Historical digitization services have been a part of preservation plans for decades, but the technology has improved dramatically. With optical character recognition (OCR), which creates the ability to search through the text of any scanned image, your collection has the potential to become a functional research tool for anyone viewing your digital library.
Converting historical scans can be a complicated process. The Federal Agencies Digital Guidelines Initiative 2016 (FADGI) notes that “without staff with a good technical foundation, achieving the appropriate level of quality . . . is problematic. Cultural heritage digitization is a specialization within the imaging field that requires specific skills and experience.” Depending on the condition of your digital collection, it may be more cost effective to outsource OCR services than handle it in-house.

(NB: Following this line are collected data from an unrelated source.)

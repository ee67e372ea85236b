// A source in memory, for tests of what is above.
ghost use Rattle.std.specs.Prelude.{◌≡◌, ◌<◌, [], length};
ghost use Rattle.redo_io.specs.Memory.{ReadsSupply, supply_seen};
ghost use Rattle.redo_io.specs.Plan.{unused};
ghost use Rattle.redo_io.specs.Steps.{SourceStep};

use crate::plan::Plan;
use crate::{IoFault, Source};
use std::marker::Model;

/// A source that gives the bytes of a vector, in pieces if it was made so, and fails where it was told to.
#[derive(Debug, Drop)]
pub struct MemSource {
    bytes: Vec<u8>,
    at: usize,
    piece: usize,
    plan: Plan,
}

impl Model for MemSource {
    ghost use Rattle.std.specs.Prelude.{◌≤◌, ◌<◌, length, drop};
    ghost use Rattle.redo_io.specs.Memory.{Supply};

    ghost Value = { Supply };

    ghost view = { λ source. record {
      left = drop source.at source.bytes.items;
      piece = source.piece;
      plan = source.plan;
    } };

    ghost invariant = { λ source. (source.at ≤ length source.bytes.items) × (0 < source.piece) };
}

impl MemSource {
    /// A source that gives as many bytes as a read has room for, and doesn't fail.
    pub fn new(bytes: Vec<u8>) -> Self
        ensures { result ≡ record { left = bytes.items; piece = usize.MAX; plan = unused [] } }
    {
        let none = Vec::new(*bytes.allocator());
        MemSource::failing(bytes, none)
    }

    /// A source that fails at exactly these reads, which are numbered from 0. A read that fails takes no byte.
    pub fn failing(bytes: Vec<u8>, calls: Vec<u64>) -> Self
        ensures { result ≡ record { left = bytes.items; piece = usize.MAX; plan = unused calls.items } }
    {
        MemSource {
            bytes,
            at: 0,
            piece: usize::MAX,
            plan: Plan::new(calls),
        }
    }

    /// A source that gives at most so many bytes a read, and doesn't fail.
    pub fn short(bytes: Vec<u8>, piece: usize) -> Self
        requires { 0 < piece }
        ensures { result ≡ record { left = bytes.items; piece = piece; plan = unused [] } }
    {
        let none = Vec::new(*bytes.allocator());
        MemSource {
            bytes,
            at: 0,
            piece,
            plan: Plan::new(none),
        }
    }
}

impl Source for MemSource {
    ghost seen = { supply_seen };

    ghost read_gives = { ReadsSupply };

    fn read(&mut self, out: &mut [u8]) -> Result<usize, IoFault>
        ensures step { SourceStep (length out.old) (supply_seen self.old) result out.new (supply_seen self.new) }
        ensures gives { ReadsSupply self.old (length out.old) result out.new self.new }
    {
        if self.plan.fails() {
            return Err(IoFault::Failed);
        }
        let rest = &self.bytes[self.at..];
        let count = rest.len().min(out.len()).min(self.piece);
        out[..count].copy_from_slice(&rest[..count]);
        self.at += count;
        Ok(count)
    }
}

Bringing Out the Text from Scanned Images
Before starting any digitization plan, it is vital to know the quality of the images. Older image files, or those created without quality equipment, may no longer be suitable for preserving a collection into the future. The FADGI offers specific quality guidelines for digital scans to be considered suitable for OCR or other information processing techniques.
Many early scanning efforts may not offer the resolution or clear detail needed for OCR software to read text. In this case, any attempt to use image-to-text converting services requires new scans with updated equipment. That can get expensive if your organization doesn’t already have scanners or digital cameras capable of creating images of sufficient quality or the manpower to perform the scans. Your organization may find it more economical to hire a company that offers both scanning and image-to-text converting services to avoid buying expensive equipment.
Why Should You Outsource OCR Services?
If your scans are suitable quality to proceed without problems or need only minimal adjustments, then you can immediately begin converting your historical scans to readable text. OCR software is available for purchase, and a single employee can digitize your collection, but before you send them off for days of converting, consider this warning from the FADGI: “avoid the trap of assuming doing the work in-house will cost less. Insourcing may cost more than outsourcing.”
Even if you don’t need to purchase new scanners or digital cameras for your digitization project, it can still be beneficial to outsource OCR services. For all that OCR software is capable of, it still reads text like a computer, and that can mean countless errors in the conversion process. If your project requires a decently accurate rendering of the text, an employee must verify potential errors the software flags. If your project requires a high level of accuracy, another pass may be needed to review the text against the scanned image manually, word-for-word. All of this increases the amount of time you must devote employee resources to the project.
Anderson Archival’s historical digitization services provide you with staff already proficient with this process. Our employees can perform the same tasks with better resources and less downtime learning new software or what errors to watch for. This can ultimately save your organization money and resources in the long run.